▶ [PROBLEM REQUIREMENTS] The answer is every line of the records that holds the word "Compare", copied in full.

▶ [EXERCISE INPUTS]
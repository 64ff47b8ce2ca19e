//! Conditions are read, by recursive descent.
ghost use Rattle.std.specs.Prelude.{◌≡◌, false, IfOk, IfErr, IsOk};
ghost use Rattle.ob_token.specs.declared.token.Mark.TheVariants.{Where};
ghost use Rattle.ob_condition.specs.Marks.{is};
ghost use Rattle.ob_sql.specs.Search.{Compare, Not, And, Or};
ghost use Rattle.ob_condition.specs.Reading.{begins, Gives, IsStuck, column, comparison, cond_of, condition, conj_of, constant, operand, prim, search_in, where_part};

use crate::reader::{Fault, begins_name, name, number, order, plain, sign, skip, with_sign};
use ob_base::ColumnName;
use ob_sql::{Against, Cond, CondTree, Literal};
use ob_token::{Mark, Token};
use std::alloc::{AllocError, Global};

/// How many of NOT and ( may stand on a path.
const DEPTH: u32 = 32;

/// A column, with its table's name and a dot before it or without (a column reference of ISO/IEC 9075:1992), and
/// the tokens after it. It takes no memory.
#[tactic(auto, unfolding(crate::specs::Reading::column))]
pub fn column(tokens: &[Token]) -> Result<(ColumnName, &[Token]), Fault<'_>>
    ensures value { Gives (λ c. c) result (column tokens.now) }
    ensures no_memory { IfErr result IsStuck }
{
    let (first, rest) = name(tokens)?;
    match skip(rest, Mark::Dot) {
        Some(rest) => {
            let (second, rest) = name(rest)?;
            let found = ColumnName {
                table: Some(first),
                column: second,
            };
            Ok((found, rest))
        }
        None => {
            let found = ColumnName {
                table: None,
                column: first,
            };
            Ok((found, rest))
        }
    }
}

/// A literal, of the tokens of this text, and the tokens after it: a number of digits with a sign or without, or
/// a text between quotes. An integer outside 64 bits and a text above 255 bytes are kept as such. It takes no
/// memory.
#[tactic(auto, unfolding(crate::specs::Reading::constant))]
pub fn constant<'a>(text: &[u8], tokens: &'a [Token]) -> Result<(Literal, &'a [Token]), Fault<'a>>
    ensures value { Gives (λ l. l) result (constant text.now tokens.now) }
    ensures no_memory { IfErr result IsStuck }
{
    match sign(tokens) {
        Some((minus, rest)) => {
            let (digits, rest) = number(rest)?;
            Ok((with_sign(minus, digits), rest))
        }
        None => plain(text, tokens),
    }
}

#[tactic(auto, unfolding(crate::specs::Reading::operand))]
fn operand<'a>(text: &[u8], tokens: &'a [Token]) -> Result<(Against, &'a [Token]), Fault<'a>>
    ensures value { Gives (λ a. a) result (operand text.now tokens.now) }
    ensures no_memory { IfErr result IsStuck }
{
    if begins_name(tokens) {
        let (found, rest) = column(tokens)?;
        Ok((Against::Column(found), rest))
    } else {
        let (found, rest) = constant(text, tokens)?;
        Ok((Against::Literal(found), rest))
    }
}

#[tactic(auto, unfolding(crate::specs::Reading::comparison))]
fn comparison<'a>(
    alloc: Global,
    text: &[u8],
    tokens: &'a [Token],
) -> Result<(Box<CondTree>, &'a [Token]), Fault<'a>>
    ensures { Gives search_in result (comparison text.now tokens.now) }
{
    let (left, rest) = column(tokens)?;
    let (order, rest) = order(rest)?;
    let (right, rest) = operand(text, rest)?;
    match Box::new(alloc, CondTree::Compare(left, order, right)) {
        Ok(made) => Ok((made, rest)),
        Err(_) => Err(Fault::Memory),
    }
}

fn not(alloc: Global, p: Box<CondTree>) -> Result<Box<CondTree>, AllocError>
    ensures { IfOk result (λ c. search_in c ≡ Not (search_in p)) }
{
    Ok(Box::new(alloc, CondTree::Not(p))?)
}

fn and(alloc: Global, p: Box<CondTree>, q: Box<CondTree>) -> Result<Box<CondTree>, AllocError>
    ensures { IfOk result (λ c. search_in c ≡ And (search_in p) (search_in q)) }
{
    Ok(Box::new(alloc, CondTree::And(p, q))?)
}

fn or(alloc: Global, p: Box<CondTree>, q: Box<CondTree>) -> Result<Box<CondTree>, AllocError>
    ensures { IfOk result (λ c. search_in c ≡ Or (search_in p) (search_in q)) }
{
    Ok(Box::new(alloc, CondTree::Or(p, q))?)
}

#[cycle(parser)]
fn prim<'a>(
    alloc: Global,
    text: &[u8],
    tokens: &'a [Token],
    depth: u32,
) -> Result<(Box<CondTree>, &'a [Token]), Fault<'a>>
    ensures { Gives search_in result (prim text.now depth tokens.now) }
{
    if depth == 0 {
        return comparison(alloc, text, tokens);
    }
    if let Some(rest) = skip(tokens, Mark::Not) {
        return match prim(alloc, text, rest, depth - 1) {
            Ok((inner, behind)) => match not(alloc, inner) {
                Ok(made) => Ok((made, behind)),
                Err(_) => Err(Fault::Memory),
            },
            Err(fault) => Err(fault),
        };
    }
    if let Some(rest) = skip(tokens, Mark::Open) {
        return match cond(alloc, text, rest, depth - 1) {
            Ok((inner, behind)) => match skip(behind, Mark::Close) {
                Some(after) => Ok((inner, after)),
                None => Err(Fault::Stuck(behind)),
            },
            Err(fault) => Err(fault),
        };
    }
    comparison(alloc, text, tokens)
}

#[cycle(parser)]
fn conj<'a>(
    alloc: Global,
    text: &[u8],
    tokens: &'a [Token],
    depth: u32,
) -> Result<(Box<CondTree>, &'a [Token]), Fault<'a>>
    ensures { Gives search_in result (conj_of (prim text.now depth) tokens.now) }
{
    let (mut left, mut rest) = match prim(alloc, text, tokens, depth) {
        Ok(first) => first,
        Err(fault) => return Err(fault),
    };
    'parts: while let Some(after) = skip(rest, Mark::And) {
        match prim(alloc, text, after, depth) {
            Ok((right, next)) => {
                rest = next;
                left = match and(alloc, left, right) {
                    Ok(made) => made,
                    Err(_) => return Err(Fault::Memory),
                };
            }
            Err(fault) => return Err(fault),
        }
    }
    Ok((left, rest))
}

#[cycle(parser)]
fn cond<'a>(
    alloc: Global,
    text: &[u8],
    tokens: &'a [Token],
    depth: u32,
) -> Result<(Box<CondTree>, &'a [Token]), Fault<'a>>
    ensures { Gives search_in result (cond_of (prim text.now depth) tokens.now) }
{
    let (mut left, mut rest) = match conj(alloc, text, tokens, depth) {
        Ok(first) => first,
        Err(fault) => return Err(fault),
    };
    'parts: while let Some(after) = skip(rest, Mark::Or) {
        match conj(alloc, text, after, depth) {
            Ok((right, next)) => {
                rest = next;
                left = match or(alloc, left, right) {
                    Ok(made) => made,
                    Err(_) => return Err(Fault::Memory),
                };
            }
            Err(fault) => return Err(fault),
        }
    }
    Ok((left, rest))
}

fn condition<'a>(
    alloc: Global,
    text: &[u8],
    tokens: &'a [Token],
) -> Result<(Cond, &'a [Token]), Fault<'a>>
    ensures { Gives (λ c. c) result (condition text.now 32 tokens.now) }
{
    let (tree, rest) = cond(alloc, text, tokens, DEPTH)?;
    Ok((Cond::new(Box::into_inner(tree)), rest))
}

/// The condition after WHERE, or none where the first of the tokens of this text is another, and the tokens
/// after it. NOT binds before AND, and AND before OR, as in ISO/IEC 9075:1992; both group to the left, and at
/// most 32 of NOT and `(` stand on a path. It takes one box for each comparison, NOT, AND and OR, and no memory
/// where there is no WHERE.
#[tactic(auto, unfolding(crate::specs::Reading::where_part))]
pub fn where_part<'a>(
    alloc: Global,
    text: &[u8],
    tokens: &'a [Token],
) -> Result<(Option<Cond>, &'a [Token]), Fault<'a>>
    ensures value { Gives (λ c. c) result (where_part text.now tokens.now) }
    ensures without { begins (λ t. is Where t.lexeme) tokens.now ≡ false → IsOk result }
{
    match skip(tokens, Mark::Where) {
        Some(rest) => {
            let (found, rest) = condition(alloc, text, rest)?;
            Ok((Some(found), rest))
        }
        None => Ok((None, tokens)),
    }
}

▶ [RESPONSE AREA]
ghost use Rattle.ob_sql.specs.Search.{Compare, Not, And, Or};
    match Box::new(alloc, CondTree::Compare(left, order, right)) {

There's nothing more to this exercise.